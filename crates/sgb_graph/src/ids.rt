ghost use Rattle.std.specs.Prelude.{◌≡◌, ◌≤◌, ◌+◌, ◌*◌, [], ◌++◌, ◌↔◌, length, IsTrue, IfOk, IsErrOf, IsOkUnless};
ghost use Rattle.std.specs.Fmt.{signed_decimal};
ghost use Rattle.sgb_graph.specs.IdTexts.{flag_text, hexadecimal_text, is_id_text, numbers_text};
ghost use Rattle.sgb_graph.specs.Ids.{most_id_bytes, IsId};

mod compounds;
mod hexadecimals;

pub use compounds::{compound_id, double_compound_id};
use hexadecimals::{MOST_HEXADECIMAL_DIGITS, put_hexadecimal_digits};
use sgb_vec::{Filled, Panic, is_text_byte};
use std::marker::Model;

// An id has at most this many bytes.
const MOST_BYTES: usize = 160;

/// The id of a graph: at most 160 bytes of printable ASCII (32 to 126) without `"` and `\` (GB_GRAPH,
/// id field). A value of fixed size, which contracts see as the list of its bytes.
#[derive(Drop)]
pub struct Id {
    text: Filled<MOST_BYTES>,
}

impl Model for Id {
    ghost use Rattle.std.specs.Prelude.{List, ℕ};
    ghost use Rattle.sgb_graph.specs.Ids.{IsId};

    ghost Value = { List ℕ };

    ghost view = { λ id. id.text };

    ghost invariant = { λ id. IsId id.text };
}

impl Id {
    /// The id of these bytes.
    ///
    /// `Syntax` where they are no id: above 160 bytes, or one that is not printable ASCII (32 to 126) or is
    /// `"` or `\`.
    pub fn new(bytes: &[u8]) -> Result<Id, Panic>
        ensures ok { IfOk result (λ id. (id ≡ bytes.now) × IsId bytes.now) }
        ensures refused { IsErrOf result Panic.Syntax ↔ ¬ IsId bytes.now }
        ensures err { IsOkUnless result Panic.Syntax }
    {
        if bytes.len() > MOST_BYTES || !bytes.iter().all(|byte| is_text_byte(*byte)) {
            return Err(Panic::Syntax);
        }
        let mut text = Filled::new();
        text.push_text(bytes);
        Ok(Id { text })
    }

    /// The bytes of the id.
    pub fn bytes(&self) -> &[u8]
        ensures value { result.now ≡ self.now }
        ensures id { IsId self.now }
    {
        self.text.bytes()
    }
}

/// Builds the id of a generated graph from texts and numbers (GB_GRAPH, id field), in a value of fixed size.
/// Contracts see it as the list of the bytes so far.
#[derive(Drop)]
pub struct IdWriter {
    text: Filled<MOST_BYTES>,
}

impl Model for IdWriter {
    ghost use Rattle.std.specs.Prelude.{List, ℕ};
    ghost use Rattle.sgb_graph.specs.Ids.{IsId};

    ghost Value = { List ℕ };

    ghost view = { λ writer. writer.text };

    ghost invariant = { λ writer. IsId writer.text };
}

impl IdWriter {
    /// No bytes yet.
    pub fn new() -> IdWriter
        ensures { result ≡ [] }
    {
        IdWriter {
            text: Filled::new(),
        }
    }

    /// How many bytes there are so far, at most 160.
    pub fn len(&self) -> usize
        ensures count { result ≡ length self.now }
        ensures few { result ≤ most_id_bytes }
    {
        self.text.len()
    }

    /// Appends a text; it has to have room, and bytes that an id may have.
    pub fn push_text(&mut self, text: &[u8])
        requires room { length self.old + length text.now ≤ most_id_bytes }
        requires text { IsTrue (is_id_text text.now) }
        ensures { self.new ≡ self.old ++ text.now }
    {
        self.text.push_text(text);
    }

    /// Appends a number in decimal, at most 20 bytes.
    pub fn push_number(&mut self, number: i64)
        requires { length self.old + 20 ≤ most_id_bytes }
        ensures bytes { self.new ≡ self.old ++ signed_decimal number }
        ensures short { length self.new ≤ length self.old + 20 }
    {
        self.text.push_number(number);
    }

    /// Appends numbers in decimal, each with a comma after it: at most 21 bytes each.
    pub fn push_numbers(&mut self, numbers: &[i64])
        requires { length self.old + 21 * length numbers.now ≤ most_id_bytes }
        ensures bytes { self.new ≡ self.old ++ numbers_text numbers.now }
        ensures short { length self.new ≤ length self.old + 21 * length numbers.now }
    {
        for number in numbers {
            self.push_number(*number);
            self.push_text(b",");
        }
    }

    /// Appends a flag: 1 or 0.
    pub fn push_flag(&mut self, flag: bool)
        requires { length self.old + 1 ≤ most_id_bytes }
        ensures { self.new ≡ self.old ++ flag_text flag }
    {
        if flag {
            self.push_text(b"1");
        } else {
            self.push_text(b"0");
        }
    }

    /// Appends a number in hexadecimal, at most 34 bytes: `0x`, and its digits in lower case with no leading zeros.
    pub fn push_hexadecimal(&mut self, number: u128)
        requires { length self.old + 34 ≤ most_id_bytes }
        ensures bytes { self.new ≡ self.old ++ hexadecimal_text number }
        ensures short { length self.new ≤ length self.old + 34 }
    {
        let mut text = [b'0'; MOST_HEXADECIMAL_DIGITS];
        let start = put_hexadecimal_digits(&mut text, number);
        self.push_text(b"0x");
        self.push_text(&text[start..]);
    }

    /// The id of these bytes.
    pub fn id(self) -> Id
        ensures { result ≡ self }
    {
        let IdWriter { text } = self;
        Id { text }
    }
}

▸ **TASK GOAL**
Across the records above, return every line that contains the word "printable".

▸ **WRITTEN REPLY**
/// The id of a graph: at most 160 bytes of printable ASCII (32 to 126) without `"` and `\` (GB_GRAPH,
    /// `Syntax` where they are no id: above 160 bytes, or one that is not printable ASCII (32 to 126) or is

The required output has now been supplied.